What to work on: Every line with the string "about" should be copied from the data.
▽
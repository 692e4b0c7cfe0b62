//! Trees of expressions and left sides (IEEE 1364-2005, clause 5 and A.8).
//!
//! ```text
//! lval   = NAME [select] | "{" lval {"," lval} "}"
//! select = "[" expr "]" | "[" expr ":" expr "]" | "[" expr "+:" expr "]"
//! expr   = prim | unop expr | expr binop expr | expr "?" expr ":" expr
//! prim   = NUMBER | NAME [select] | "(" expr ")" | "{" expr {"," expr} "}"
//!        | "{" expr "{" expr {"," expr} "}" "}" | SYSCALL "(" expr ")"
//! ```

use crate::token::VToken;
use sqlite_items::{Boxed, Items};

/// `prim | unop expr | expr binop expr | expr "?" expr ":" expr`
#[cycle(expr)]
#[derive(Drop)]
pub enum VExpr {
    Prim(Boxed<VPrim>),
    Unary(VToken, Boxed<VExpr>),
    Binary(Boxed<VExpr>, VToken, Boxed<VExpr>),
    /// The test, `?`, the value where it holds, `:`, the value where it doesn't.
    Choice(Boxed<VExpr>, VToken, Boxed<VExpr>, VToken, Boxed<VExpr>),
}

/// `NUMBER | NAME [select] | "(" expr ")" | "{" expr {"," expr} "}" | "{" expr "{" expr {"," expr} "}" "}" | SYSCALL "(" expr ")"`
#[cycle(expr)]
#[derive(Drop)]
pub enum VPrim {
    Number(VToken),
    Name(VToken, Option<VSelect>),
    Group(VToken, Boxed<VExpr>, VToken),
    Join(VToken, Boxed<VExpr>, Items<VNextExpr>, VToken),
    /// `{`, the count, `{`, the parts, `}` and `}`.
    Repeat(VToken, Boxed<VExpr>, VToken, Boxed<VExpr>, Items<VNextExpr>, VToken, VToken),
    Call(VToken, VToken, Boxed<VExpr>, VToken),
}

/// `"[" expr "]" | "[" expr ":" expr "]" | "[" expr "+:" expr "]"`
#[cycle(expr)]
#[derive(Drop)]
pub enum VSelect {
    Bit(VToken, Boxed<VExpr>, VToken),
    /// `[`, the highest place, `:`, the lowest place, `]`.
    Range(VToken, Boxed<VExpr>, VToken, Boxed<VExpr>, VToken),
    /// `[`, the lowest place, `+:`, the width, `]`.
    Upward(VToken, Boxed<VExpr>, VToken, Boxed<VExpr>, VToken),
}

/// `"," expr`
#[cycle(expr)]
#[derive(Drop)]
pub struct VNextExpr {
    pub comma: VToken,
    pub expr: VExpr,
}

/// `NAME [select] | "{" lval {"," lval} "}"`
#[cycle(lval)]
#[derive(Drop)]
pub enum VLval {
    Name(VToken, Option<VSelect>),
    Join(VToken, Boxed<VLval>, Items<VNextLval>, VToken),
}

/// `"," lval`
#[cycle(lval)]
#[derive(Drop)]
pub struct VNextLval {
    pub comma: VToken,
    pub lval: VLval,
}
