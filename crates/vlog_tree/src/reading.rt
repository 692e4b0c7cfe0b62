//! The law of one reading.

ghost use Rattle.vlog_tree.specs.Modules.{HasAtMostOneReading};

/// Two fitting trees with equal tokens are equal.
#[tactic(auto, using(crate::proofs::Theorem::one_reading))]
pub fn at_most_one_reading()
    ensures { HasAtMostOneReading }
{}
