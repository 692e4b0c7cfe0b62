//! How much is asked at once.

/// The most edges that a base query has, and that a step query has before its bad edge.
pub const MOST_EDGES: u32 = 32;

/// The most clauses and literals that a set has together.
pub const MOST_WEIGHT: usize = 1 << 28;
△
▽
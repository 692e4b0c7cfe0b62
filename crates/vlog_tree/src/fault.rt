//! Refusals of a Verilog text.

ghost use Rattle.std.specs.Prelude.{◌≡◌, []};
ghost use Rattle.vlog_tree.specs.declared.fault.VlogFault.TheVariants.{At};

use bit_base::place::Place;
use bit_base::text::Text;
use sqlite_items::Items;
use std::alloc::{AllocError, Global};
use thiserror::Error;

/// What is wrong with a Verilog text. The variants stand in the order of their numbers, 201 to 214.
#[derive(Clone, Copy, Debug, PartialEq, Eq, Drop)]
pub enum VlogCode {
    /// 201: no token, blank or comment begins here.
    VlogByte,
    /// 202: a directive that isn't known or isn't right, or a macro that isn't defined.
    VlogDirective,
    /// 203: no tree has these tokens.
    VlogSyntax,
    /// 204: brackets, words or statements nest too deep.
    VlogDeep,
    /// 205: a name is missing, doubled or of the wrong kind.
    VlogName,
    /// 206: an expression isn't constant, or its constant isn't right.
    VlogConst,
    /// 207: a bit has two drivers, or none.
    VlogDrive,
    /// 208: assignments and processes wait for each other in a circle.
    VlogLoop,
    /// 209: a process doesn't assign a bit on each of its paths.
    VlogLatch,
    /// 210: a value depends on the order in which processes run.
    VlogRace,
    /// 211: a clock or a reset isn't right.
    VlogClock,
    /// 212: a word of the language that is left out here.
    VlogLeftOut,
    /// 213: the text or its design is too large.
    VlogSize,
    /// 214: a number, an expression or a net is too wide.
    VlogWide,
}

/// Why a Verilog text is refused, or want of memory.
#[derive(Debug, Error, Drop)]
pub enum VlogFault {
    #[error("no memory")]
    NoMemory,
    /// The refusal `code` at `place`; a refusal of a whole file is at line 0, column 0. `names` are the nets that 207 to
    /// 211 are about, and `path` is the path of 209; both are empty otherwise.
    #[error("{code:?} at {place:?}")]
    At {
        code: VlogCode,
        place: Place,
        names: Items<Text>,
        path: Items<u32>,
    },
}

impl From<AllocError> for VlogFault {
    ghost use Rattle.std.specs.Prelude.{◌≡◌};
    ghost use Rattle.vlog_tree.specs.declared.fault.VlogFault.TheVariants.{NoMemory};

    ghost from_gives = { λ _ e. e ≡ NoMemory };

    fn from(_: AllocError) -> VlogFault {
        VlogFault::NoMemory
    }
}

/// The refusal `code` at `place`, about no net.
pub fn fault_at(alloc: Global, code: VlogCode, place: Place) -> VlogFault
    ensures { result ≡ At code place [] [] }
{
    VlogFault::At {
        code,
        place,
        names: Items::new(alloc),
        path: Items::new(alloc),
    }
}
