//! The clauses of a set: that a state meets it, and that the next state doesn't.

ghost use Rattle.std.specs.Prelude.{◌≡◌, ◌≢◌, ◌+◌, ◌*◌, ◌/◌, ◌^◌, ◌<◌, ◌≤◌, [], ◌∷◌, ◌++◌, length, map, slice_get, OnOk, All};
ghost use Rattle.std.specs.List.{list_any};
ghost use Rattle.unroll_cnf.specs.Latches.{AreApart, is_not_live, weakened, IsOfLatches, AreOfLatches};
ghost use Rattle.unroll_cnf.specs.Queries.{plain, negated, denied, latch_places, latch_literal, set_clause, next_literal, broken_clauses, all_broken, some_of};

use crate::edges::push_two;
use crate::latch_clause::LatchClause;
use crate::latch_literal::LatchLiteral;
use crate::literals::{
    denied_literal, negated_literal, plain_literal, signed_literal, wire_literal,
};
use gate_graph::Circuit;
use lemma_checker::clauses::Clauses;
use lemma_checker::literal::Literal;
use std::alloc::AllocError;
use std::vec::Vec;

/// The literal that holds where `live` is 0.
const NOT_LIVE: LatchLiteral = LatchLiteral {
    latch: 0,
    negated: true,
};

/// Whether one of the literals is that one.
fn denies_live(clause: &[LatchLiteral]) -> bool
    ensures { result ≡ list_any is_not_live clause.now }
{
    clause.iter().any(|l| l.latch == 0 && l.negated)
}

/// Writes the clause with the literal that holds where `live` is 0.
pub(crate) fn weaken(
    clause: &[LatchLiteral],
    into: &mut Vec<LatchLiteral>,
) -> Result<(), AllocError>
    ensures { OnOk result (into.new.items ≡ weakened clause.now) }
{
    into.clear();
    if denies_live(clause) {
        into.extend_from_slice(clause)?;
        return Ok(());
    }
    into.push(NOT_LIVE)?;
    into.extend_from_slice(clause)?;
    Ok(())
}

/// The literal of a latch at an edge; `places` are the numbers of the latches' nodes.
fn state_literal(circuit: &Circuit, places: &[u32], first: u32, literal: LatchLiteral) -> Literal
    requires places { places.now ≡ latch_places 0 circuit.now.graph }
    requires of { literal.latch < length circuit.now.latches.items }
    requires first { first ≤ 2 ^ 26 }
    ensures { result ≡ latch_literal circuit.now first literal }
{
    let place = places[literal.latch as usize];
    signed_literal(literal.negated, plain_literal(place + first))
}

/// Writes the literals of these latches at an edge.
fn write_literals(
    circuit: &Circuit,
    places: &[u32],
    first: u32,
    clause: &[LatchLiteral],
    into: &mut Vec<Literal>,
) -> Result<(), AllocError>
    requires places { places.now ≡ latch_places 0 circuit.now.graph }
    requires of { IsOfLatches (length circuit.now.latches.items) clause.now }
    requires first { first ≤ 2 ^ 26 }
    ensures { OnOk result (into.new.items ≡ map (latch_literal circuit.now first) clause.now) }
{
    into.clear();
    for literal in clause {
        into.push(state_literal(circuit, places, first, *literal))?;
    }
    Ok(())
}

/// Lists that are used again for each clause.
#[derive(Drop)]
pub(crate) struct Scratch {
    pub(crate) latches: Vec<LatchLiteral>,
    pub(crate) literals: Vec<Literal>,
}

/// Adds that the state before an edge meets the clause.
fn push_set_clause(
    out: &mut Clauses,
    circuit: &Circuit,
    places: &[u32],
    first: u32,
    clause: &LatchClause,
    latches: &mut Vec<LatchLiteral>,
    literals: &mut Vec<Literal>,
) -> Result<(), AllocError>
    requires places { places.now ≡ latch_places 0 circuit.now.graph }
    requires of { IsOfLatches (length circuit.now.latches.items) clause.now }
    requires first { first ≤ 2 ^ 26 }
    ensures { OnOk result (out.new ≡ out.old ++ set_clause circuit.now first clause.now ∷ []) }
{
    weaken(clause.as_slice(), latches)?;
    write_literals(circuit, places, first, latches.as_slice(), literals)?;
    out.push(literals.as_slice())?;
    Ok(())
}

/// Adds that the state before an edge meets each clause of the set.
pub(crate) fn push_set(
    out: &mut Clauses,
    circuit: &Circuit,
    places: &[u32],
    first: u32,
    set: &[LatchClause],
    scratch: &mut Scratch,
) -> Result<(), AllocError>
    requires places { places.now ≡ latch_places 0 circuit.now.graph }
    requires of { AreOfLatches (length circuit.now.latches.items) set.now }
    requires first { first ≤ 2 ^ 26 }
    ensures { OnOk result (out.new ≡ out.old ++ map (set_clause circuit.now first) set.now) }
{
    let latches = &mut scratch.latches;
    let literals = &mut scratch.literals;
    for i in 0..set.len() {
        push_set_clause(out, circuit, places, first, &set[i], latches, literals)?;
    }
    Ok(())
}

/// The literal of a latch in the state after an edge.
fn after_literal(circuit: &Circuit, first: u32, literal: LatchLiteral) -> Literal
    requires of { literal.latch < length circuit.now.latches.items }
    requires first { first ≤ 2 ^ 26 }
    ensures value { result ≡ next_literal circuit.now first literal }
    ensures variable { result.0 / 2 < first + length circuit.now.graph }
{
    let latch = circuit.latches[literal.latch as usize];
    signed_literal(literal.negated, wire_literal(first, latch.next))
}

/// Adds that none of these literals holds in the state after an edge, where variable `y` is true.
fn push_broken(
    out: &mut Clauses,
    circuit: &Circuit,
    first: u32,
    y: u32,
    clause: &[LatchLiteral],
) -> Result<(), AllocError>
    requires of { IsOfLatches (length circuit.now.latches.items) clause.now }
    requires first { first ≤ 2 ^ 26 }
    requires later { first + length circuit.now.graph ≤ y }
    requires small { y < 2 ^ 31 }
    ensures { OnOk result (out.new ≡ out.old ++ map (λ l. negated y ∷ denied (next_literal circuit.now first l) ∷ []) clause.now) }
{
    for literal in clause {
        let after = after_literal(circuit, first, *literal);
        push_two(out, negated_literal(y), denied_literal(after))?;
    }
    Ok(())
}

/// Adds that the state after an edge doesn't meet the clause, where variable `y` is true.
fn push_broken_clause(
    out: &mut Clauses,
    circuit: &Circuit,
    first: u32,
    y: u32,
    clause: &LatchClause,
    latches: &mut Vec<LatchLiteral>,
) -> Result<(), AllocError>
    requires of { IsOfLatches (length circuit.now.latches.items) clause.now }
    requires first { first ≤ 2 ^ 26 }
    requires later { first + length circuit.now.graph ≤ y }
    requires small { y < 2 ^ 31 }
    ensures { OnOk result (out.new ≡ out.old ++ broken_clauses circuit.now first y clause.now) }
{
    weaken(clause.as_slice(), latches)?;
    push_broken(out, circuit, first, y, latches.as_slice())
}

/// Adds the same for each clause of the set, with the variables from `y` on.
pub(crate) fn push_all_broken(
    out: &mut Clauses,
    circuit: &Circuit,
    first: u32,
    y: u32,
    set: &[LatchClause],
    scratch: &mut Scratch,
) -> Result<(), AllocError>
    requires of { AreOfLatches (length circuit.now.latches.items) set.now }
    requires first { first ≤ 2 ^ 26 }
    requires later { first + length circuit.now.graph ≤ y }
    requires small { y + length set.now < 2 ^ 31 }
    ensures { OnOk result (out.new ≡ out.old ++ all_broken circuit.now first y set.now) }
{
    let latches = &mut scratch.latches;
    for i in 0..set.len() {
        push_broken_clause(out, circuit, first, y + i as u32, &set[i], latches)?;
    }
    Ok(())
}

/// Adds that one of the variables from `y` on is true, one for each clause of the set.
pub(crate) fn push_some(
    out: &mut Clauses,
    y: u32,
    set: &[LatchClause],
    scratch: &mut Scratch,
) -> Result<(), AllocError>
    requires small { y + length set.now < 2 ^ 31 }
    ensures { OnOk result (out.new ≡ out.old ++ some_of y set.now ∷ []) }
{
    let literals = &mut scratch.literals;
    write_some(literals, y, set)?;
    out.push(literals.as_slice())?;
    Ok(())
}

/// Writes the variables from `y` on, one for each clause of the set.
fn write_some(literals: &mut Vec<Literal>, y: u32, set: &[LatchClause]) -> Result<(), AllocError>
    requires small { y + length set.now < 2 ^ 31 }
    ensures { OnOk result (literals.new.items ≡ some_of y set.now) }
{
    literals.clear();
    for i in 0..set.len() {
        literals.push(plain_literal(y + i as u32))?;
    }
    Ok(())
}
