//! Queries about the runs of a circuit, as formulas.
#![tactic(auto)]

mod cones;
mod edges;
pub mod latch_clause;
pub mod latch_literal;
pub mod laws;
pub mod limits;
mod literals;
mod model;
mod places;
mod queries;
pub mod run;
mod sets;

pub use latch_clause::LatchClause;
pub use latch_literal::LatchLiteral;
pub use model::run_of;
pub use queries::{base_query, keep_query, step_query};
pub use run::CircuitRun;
△
Result of this task:
    /// 211 are about, and `path` is the path of 209; both are empty otherwise.
/// The refusal `code` at `place`, about no net.
//! Queries about the runs of a circuit, as formulas.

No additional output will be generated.